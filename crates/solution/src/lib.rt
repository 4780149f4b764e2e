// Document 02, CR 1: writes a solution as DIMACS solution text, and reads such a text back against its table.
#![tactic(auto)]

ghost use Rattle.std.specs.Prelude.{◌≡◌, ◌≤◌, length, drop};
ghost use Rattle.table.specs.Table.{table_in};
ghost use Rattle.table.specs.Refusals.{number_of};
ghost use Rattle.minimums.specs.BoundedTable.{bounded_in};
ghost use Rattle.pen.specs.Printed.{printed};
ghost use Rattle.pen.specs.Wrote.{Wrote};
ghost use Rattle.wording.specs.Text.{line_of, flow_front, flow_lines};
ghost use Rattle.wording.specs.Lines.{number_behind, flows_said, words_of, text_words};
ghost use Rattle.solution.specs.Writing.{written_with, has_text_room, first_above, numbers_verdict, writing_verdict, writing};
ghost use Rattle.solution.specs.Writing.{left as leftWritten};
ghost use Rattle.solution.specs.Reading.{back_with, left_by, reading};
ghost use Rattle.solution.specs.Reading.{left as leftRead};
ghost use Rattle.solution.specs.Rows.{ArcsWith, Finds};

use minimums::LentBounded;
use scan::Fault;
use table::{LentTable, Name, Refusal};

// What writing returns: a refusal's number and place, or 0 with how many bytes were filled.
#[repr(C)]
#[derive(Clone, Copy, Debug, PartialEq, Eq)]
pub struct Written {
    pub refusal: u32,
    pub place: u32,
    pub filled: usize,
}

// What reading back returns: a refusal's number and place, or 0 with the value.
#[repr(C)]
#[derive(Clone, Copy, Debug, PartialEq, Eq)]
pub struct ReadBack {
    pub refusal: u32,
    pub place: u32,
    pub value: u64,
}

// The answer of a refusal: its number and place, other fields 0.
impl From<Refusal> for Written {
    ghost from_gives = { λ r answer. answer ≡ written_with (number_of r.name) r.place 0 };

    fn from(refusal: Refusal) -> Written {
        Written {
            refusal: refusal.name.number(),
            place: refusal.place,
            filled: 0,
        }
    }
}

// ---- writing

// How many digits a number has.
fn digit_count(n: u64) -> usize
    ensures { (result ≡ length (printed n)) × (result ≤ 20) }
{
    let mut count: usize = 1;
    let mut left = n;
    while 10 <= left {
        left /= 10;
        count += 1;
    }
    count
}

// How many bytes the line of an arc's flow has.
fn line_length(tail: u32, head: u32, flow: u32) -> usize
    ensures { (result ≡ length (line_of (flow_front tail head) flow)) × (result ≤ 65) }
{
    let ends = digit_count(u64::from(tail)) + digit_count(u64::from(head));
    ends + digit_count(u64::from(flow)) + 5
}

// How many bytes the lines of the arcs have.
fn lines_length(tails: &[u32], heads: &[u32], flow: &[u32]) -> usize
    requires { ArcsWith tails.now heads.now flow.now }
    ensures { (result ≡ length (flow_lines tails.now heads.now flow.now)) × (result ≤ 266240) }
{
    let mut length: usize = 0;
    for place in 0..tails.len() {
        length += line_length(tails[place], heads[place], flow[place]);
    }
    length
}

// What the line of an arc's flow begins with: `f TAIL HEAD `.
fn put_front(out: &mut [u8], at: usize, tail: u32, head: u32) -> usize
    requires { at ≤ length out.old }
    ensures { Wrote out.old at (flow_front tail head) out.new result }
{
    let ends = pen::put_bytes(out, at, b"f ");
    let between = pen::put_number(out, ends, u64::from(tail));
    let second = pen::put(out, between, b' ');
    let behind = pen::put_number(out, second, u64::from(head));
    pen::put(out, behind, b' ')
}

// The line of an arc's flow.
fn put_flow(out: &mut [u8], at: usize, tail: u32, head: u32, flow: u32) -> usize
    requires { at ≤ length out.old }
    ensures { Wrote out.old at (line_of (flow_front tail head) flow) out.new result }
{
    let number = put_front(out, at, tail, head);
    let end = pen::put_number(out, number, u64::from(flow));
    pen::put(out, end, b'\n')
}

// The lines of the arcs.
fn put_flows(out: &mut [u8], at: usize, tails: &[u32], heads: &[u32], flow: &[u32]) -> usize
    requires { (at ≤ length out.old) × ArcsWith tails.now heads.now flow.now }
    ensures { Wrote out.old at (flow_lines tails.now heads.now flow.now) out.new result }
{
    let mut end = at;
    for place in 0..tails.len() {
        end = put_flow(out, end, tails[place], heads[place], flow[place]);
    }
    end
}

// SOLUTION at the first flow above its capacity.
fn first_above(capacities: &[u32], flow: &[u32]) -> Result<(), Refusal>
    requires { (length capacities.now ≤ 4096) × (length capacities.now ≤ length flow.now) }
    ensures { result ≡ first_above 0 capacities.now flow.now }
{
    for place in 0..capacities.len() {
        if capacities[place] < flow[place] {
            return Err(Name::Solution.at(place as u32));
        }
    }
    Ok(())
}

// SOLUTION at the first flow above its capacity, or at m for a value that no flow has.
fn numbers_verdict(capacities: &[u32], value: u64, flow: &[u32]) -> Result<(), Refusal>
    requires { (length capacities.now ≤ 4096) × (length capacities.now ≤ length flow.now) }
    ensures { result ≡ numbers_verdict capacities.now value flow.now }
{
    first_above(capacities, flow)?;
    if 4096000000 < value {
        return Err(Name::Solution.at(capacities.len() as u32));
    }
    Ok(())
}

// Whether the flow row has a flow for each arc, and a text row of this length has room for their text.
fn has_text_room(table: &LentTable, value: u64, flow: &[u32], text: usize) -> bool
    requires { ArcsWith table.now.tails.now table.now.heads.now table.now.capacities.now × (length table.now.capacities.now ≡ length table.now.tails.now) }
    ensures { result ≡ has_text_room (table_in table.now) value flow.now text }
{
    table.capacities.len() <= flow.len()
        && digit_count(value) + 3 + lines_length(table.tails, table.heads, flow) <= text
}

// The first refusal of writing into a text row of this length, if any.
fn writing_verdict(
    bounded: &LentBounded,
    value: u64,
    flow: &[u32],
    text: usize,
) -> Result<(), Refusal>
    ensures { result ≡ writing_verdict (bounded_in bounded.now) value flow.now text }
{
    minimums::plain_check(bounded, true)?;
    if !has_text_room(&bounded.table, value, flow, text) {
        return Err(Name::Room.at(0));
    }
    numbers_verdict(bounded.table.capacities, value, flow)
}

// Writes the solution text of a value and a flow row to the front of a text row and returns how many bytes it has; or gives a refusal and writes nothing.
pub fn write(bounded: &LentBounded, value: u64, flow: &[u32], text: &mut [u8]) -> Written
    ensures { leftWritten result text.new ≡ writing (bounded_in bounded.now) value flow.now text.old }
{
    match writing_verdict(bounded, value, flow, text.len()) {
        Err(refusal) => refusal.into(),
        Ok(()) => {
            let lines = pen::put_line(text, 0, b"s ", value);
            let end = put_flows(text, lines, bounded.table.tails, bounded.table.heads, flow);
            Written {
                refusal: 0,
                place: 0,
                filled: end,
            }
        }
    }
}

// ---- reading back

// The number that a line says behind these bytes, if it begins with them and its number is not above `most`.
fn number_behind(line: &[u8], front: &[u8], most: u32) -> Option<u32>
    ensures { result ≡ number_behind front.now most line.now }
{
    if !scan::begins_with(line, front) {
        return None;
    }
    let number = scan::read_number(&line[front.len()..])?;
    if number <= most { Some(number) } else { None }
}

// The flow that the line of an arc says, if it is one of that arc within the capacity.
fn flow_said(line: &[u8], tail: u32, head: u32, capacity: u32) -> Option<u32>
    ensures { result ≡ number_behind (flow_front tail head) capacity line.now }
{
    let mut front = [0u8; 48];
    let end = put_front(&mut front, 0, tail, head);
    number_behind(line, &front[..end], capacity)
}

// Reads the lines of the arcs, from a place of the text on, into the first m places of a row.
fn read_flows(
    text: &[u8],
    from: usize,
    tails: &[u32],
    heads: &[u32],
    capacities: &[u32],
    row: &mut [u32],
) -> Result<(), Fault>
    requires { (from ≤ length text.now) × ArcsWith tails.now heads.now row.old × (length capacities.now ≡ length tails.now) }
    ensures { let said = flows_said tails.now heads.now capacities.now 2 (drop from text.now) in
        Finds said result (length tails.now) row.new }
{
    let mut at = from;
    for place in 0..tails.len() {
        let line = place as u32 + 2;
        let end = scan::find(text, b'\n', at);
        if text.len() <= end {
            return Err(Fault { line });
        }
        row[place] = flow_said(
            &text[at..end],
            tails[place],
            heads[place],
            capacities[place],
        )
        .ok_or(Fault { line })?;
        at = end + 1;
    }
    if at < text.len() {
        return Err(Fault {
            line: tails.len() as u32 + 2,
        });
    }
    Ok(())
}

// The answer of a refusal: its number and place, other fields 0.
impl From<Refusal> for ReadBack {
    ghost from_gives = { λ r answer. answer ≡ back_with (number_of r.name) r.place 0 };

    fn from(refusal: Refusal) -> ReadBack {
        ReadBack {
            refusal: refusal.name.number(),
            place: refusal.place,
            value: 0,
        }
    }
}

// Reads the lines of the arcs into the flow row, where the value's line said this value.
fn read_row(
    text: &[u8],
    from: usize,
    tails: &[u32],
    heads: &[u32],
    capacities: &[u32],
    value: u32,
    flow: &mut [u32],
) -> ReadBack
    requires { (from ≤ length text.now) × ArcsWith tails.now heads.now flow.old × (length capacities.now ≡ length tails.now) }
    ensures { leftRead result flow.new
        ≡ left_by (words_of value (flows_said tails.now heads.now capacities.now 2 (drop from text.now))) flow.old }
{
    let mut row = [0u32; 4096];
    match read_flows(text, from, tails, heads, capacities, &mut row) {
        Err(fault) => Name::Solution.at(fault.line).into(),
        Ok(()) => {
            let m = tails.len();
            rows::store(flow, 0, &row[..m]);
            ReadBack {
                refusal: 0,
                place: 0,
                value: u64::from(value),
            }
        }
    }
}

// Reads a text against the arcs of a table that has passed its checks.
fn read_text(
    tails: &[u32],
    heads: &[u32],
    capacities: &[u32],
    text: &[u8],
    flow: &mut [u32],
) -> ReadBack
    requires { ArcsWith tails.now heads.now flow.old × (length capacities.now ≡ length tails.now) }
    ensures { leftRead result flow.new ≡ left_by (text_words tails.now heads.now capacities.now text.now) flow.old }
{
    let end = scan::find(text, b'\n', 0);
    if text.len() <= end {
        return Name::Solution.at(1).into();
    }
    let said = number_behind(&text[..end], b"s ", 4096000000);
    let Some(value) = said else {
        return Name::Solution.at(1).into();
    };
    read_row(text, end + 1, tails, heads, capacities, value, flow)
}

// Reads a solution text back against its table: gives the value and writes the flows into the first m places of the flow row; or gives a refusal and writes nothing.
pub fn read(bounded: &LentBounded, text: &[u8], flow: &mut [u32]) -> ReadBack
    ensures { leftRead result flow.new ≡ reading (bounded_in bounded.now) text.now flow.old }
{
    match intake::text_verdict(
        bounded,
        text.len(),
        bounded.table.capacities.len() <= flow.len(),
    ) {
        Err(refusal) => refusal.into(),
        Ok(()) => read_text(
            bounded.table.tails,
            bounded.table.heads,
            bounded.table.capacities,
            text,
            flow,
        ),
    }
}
================================
▶ **Goal of the exercise**: Take the lines from the first line of the listing to the line containing "answer ≡ written_with". Please print them exactly, ends included, with nothing else.

▶ **Result for this task**:
filename crates/solution/src/lib.rt
repository 4780149f4b764e2e
// Document 02, CR 1: writes a solution as DIMACS solution text, and reads such a text back against its table.
#![tactic(auto)]

ghost use Rattle.std.specs.Prelude.{◌≡◌, ◌≤◌, length, drop};
ghost use Rattle.table.specs.Table.{table_in};
ghost use Rattle.table.specs.Refusals.{number_of};
ghost use Rattle.minimums.specs.BoundedTable.{bounded_in};
ghost use Rattle.pen.specs.Printed.{printed};
ghost use Rattle.pen.specs.Wrote.{Wrote};
ghost use Rattle.wording.specs.Text.{line_of, flow_front, flow_lines};
ghost use Rattle.wording.specs.Lines.{number_behind, flows_said, words_of, text_words};
ghost use Rattle.solution.specs.Writing.{written_with, has_text_room, first_above, numbers_verdict, writing_verdict, writing};
ghost use Rattle.solution.specs.Writing.{left as leftWritten};
ghost use Rattle.solution.specs.Reading.{back_with, left_by, reading};
ghost use Rattle.solution.specs.Reading.{left as leftRead};
ghost use Rattle.solution.specs.Rows.{ArcsWith, Finds};

use minimums::LentBounded;
use scan::Fault;
use table::{LentTable, Name, Refusal};

// What writing returns: a refusal's number and place, or 0 with how many bytes were filled.
#[repr(C)]
#[derive(Clone, Copy, Debug, PartialEq, Eq)]
pub struct Written {
    pub refusal: u32,
    pub place: u32,
    pub filled: usize,
}

// What reading back returns: a refusal's number and place, or 0 with the value.
#[repr(C)]
#[derive(Clone, Copy, Debug, PartialEq, Eq)]
pub struct ReadBack {
    pub refusal: u32,
    pub place: u32,
    pub value: u64,
}

// The answer of a refusal: its number and place, other fields 0.
impl From<Refusal> for Written {
    ghost from_gives = { λ r answer. answer ≡ written_with (number_of r.name) r.place 0 };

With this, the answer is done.